*How to complete this task*. Looking only at the lines below that contain "Refusal", give the number of them and no other text.

[Items listed in a dataset]
··········
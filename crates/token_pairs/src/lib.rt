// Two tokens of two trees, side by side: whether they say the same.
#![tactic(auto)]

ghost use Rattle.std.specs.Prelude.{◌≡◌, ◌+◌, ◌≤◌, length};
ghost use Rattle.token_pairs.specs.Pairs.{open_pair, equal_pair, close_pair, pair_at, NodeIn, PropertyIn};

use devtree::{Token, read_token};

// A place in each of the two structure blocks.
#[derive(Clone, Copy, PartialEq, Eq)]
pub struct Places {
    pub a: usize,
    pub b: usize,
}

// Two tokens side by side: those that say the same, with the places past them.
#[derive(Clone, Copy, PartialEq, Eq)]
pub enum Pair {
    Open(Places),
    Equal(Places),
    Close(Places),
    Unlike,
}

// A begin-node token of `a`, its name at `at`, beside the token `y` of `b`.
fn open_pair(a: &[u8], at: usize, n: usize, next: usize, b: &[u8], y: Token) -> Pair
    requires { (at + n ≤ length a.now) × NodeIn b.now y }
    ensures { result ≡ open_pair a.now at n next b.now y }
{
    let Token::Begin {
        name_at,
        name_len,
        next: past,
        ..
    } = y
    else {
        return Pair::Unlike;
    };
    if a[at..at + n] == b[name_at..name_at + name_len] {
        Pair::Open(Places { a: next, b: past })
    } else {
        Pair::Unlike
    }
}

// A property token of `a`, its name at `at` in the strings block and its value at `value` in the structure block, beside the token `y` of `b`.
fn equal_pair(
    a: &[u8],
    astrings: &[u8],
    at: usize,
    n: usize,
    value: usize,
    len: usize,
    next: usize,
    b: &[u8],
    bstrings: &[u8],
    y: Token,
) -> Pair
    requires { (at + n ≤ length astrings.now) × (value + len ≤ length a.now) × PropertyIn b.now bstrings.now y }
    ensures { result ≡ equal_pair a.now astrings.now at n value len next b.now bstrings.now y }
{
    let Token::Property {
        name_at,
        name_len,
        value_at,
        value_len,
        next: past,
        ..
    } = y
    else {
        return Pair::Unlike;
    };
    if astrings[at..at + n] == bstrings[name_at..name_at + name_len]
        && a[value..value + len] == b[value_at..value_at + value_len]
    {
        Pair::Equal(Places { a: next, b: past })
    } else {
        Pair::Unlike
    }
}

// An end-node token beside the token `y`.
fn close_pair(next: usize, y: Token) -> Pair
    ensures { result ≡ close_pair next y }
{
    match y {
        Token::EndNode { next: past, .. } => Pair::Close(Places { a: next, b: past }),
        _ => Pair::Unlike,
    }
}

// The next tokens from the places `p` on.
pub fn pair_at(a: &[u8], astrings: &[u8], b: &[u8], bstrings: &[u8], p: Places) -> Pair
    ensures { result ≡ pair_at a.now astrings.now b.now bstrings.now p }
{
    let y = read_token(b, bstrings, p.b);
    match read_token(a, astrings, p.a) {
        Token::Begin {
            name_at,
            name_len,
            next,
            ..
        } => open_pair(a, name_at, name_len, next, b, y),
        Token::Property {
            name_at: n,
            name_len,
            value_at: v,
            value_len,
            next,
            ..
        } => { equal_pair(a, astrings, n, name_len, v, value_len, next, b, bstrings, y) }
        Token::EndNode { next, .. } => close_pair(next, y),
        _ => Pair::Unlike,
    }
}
··········
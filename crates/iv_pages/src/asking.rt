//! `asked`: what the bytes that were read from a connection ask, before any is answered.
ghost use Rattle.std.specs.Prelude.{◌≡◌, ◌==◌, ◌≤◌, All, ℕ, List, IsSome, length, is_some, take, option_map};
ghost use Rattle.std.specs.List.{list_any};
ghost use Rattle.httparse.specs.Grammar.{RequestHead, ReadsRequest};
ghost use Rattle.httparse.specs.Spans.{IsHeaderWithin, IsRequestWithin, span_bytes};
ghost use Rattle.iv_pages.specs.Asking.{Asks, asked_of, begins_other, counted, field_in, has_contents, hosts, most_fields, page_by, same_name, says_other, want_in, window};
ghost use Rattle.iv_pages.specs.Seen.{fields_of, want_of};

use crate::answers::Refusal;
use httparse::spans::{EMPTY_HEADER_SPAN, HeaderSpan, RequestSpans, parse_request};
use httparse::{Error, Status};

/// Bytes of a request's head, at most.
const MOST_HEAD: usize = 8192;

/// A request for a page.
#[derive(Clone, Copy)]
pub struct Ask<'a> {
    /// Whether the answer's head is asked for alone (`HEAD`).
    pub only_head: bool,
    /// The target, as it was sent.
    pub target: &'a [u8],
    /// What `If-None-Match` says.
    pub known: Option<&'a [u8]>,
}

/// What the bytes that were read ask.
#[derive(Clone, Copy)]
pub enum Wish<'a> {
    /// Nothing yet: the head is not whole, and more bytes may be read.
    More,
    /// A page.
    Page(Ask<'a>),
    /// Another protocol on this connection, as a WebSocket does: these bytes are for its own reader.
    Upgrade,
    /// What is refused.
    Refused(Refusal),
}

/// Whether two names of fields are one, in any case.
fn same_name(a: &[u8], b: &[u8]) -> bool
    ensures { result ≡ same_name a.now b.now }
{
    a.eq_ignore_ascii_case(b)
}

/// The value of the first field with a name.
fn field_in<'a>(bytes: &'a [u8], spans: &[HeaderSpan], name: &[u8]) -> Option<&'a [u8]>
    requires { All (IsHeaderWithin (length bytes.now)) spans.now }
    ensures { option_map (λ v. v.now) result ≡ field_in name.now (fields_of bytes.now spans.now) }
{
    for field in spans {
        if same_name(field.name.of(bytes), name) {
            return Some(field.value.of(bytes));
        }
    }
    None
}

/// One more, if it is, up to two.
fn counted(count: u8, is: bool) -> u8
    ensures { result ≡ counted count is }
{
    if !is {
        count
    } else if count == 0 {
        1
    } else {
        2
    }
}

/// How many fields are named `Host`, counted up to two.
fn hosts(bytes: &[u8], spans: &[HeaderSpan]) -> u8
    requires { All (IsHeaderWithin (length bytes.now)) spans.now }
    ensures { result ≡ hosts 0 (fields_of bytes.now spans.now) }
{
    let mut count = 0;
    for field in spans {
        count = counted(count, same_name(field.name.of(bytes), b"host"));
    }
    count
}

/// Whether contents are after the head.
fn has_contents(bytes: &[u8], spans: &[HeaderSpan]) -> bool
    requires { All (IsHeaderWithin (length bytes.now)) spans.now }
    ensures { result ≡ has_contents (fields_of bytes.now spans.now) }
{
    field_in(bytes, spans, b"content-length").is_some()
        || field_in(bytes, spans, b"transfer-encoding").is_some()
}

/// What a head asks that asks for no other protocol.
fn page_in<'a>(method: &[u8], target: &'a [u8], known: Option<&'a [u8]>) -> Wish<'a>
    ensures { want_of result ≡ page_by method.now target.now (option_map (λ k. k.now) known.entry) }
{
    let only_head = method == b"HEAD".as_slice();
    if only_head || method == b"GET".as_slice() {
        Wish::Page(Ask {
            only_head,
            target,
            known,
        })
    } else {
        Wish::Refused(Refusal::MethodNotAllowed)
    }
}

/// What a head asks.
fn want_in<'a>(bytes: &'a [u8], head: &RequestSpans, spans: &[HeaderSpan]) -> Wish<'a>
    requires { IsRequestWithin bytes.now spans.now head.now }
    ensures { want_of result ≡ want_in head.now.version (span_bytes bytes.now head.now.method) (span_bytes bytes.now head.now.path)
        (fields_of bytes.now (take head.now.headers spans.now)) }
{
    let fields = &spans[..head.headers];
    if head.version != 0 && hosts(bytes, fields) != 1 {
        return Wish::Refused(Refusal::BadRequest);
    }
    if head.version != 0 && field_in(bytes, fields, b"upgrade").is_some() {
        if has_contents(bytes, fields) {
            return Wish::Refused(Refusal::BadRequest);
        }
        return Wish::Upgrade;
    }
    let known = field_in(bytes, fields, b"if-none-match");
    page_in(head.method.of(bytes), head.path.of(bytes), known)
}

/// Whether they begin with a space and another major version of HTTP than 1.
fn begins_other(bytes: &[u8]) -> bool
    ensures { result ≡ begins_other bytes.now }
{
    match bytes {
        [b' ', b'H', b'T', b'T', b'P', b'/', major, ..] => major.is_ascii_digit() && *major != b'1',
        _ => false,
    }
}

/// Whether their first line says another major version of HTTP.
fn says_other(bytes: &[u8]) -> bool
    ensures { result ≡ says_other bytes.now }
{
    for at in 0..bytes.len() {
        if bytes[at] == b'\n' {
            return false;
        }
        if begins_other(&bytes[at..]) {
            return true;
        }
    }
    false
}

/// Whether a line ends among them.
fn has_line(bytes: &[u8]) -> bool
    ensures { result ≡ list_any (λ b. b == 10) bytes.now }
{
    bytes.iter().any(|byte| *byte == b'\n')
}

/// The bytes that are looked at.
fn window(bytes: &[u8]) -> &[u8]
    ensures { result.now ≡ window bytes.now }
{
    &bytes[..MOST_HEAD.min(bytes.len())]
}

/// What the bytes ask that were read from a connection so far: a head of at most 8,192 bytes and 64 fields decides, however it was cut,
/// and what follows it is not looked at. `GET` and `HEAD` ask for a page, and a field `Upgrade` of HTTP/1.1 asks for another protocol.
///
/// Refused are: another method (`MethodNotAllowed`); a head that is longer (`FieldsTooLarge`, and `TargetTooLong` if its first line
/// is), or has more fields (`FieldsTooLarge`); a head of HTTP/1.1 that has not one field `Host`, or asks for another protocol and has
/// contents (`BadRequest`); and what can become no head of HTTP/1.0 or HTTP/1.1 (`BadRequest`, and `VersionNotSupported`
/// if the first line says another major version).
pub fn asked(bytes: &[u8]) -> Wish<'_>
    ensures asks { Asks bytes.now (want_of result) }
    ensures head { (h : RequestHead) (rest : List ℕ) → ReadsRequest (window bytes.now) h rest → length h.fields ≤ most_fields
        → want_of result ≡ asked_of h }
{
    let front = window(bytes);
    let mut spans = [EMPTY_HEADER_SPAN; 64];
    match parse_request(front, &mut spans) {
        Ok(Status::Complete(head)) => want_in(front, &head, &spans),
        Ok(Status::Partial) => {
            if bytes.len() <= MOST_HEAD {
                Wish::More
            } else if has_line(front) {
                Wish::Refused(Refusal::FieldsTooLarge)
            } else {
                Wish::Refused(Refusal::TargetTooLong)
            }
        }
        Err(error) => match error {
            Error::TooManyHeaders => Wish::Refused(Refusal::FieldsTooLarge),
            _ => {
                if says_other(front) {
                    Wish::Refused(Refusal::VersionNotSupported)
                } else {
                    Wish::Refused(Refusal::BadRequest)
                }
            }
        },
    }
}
··········
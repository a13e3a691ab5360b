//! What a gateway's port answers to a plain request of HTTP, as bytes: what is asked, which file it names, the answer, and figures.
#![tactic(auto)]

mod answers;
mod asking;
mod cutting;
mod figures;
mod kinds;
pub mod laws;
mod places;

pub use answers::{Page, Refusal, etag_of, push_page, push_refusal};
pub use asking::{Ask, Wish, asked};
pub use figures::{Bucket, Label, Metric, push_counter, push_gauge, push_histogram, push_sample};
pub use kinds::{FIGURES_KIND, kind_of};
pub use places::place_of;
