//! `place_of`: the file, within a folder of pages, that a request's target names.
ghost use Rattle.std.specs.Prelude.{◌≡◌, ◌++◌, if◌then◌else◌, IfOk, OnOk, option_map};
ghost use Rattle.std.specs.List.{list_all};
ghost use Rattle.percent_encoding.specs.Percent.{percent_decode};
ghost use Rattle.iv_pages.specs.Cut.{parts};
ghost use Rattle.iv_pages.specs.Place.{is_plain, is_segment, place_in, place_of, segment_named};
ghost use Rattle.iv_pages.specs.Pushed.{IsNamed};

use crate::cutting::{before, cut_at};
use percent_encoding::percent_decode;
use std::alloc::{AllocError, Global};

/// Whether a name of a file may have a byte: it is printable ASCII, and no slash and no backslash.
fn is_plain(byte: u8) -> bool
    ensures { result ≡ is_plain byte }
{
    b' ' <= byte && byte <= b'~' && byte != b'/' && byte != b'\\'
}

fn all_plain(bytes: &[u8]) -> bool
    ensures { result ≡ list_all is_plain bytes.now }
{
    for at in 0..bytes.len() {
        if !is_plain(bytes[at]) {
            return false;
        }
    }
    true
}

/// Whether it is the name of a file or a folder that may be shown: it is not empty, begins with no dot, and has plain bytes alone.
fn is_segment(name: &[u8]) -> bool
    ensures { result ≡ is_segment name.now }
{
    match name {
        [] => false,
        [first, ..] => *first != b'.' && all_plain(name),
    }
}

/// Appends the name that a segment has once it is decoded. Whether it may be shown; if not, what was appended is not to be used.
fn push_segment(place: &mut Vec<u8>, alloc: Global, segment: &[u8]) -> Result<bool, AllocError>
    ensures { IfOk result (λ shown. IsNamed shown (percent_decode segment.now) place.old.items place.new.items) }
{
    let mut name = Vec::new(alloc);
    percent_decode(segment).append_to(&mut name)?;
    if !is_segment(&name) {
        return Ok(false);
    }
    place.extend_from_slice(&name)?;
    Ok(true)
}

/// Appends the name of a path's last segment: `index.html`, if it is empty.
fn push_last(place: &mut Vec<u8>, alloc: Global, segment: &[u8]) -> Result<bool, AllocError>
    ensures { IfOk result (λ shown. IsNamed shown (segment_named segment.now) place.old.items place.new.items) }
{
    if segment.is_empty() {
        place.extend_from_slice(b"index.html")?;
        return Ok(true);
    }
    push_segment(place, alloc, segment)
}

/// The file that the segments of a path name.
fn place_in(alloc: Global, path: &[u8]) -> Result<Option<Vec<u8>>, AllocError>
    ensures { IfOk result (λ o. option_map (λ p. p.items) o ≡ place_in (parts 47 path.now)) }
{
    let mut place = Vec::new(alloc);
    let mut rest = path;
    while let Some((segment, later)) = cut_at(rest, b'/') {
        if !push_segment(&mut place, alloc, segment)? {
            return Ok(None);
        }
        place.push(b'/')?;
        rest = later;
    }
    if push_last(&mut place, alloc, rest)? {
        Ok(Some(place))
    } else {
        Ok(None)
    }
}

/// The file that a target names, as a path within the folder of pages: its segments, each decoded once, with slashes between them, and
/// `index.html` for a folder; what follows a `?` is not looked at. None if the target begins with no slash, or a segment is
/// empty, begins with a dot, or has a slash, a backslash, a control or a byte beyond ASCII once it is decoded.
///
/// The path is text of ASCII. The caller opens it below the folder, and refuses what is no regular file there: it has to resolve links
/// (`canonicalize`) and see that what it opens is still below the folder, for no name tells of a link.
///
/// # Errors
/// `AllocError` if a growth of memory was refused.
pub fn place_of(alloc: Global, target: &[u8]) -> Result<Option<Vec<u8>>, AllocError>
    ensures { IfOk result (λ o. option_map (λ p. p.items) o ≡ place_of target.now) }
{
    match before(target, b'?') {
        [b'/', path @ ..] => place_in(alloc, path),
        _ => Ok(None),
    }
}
··········
*Task answer*. 11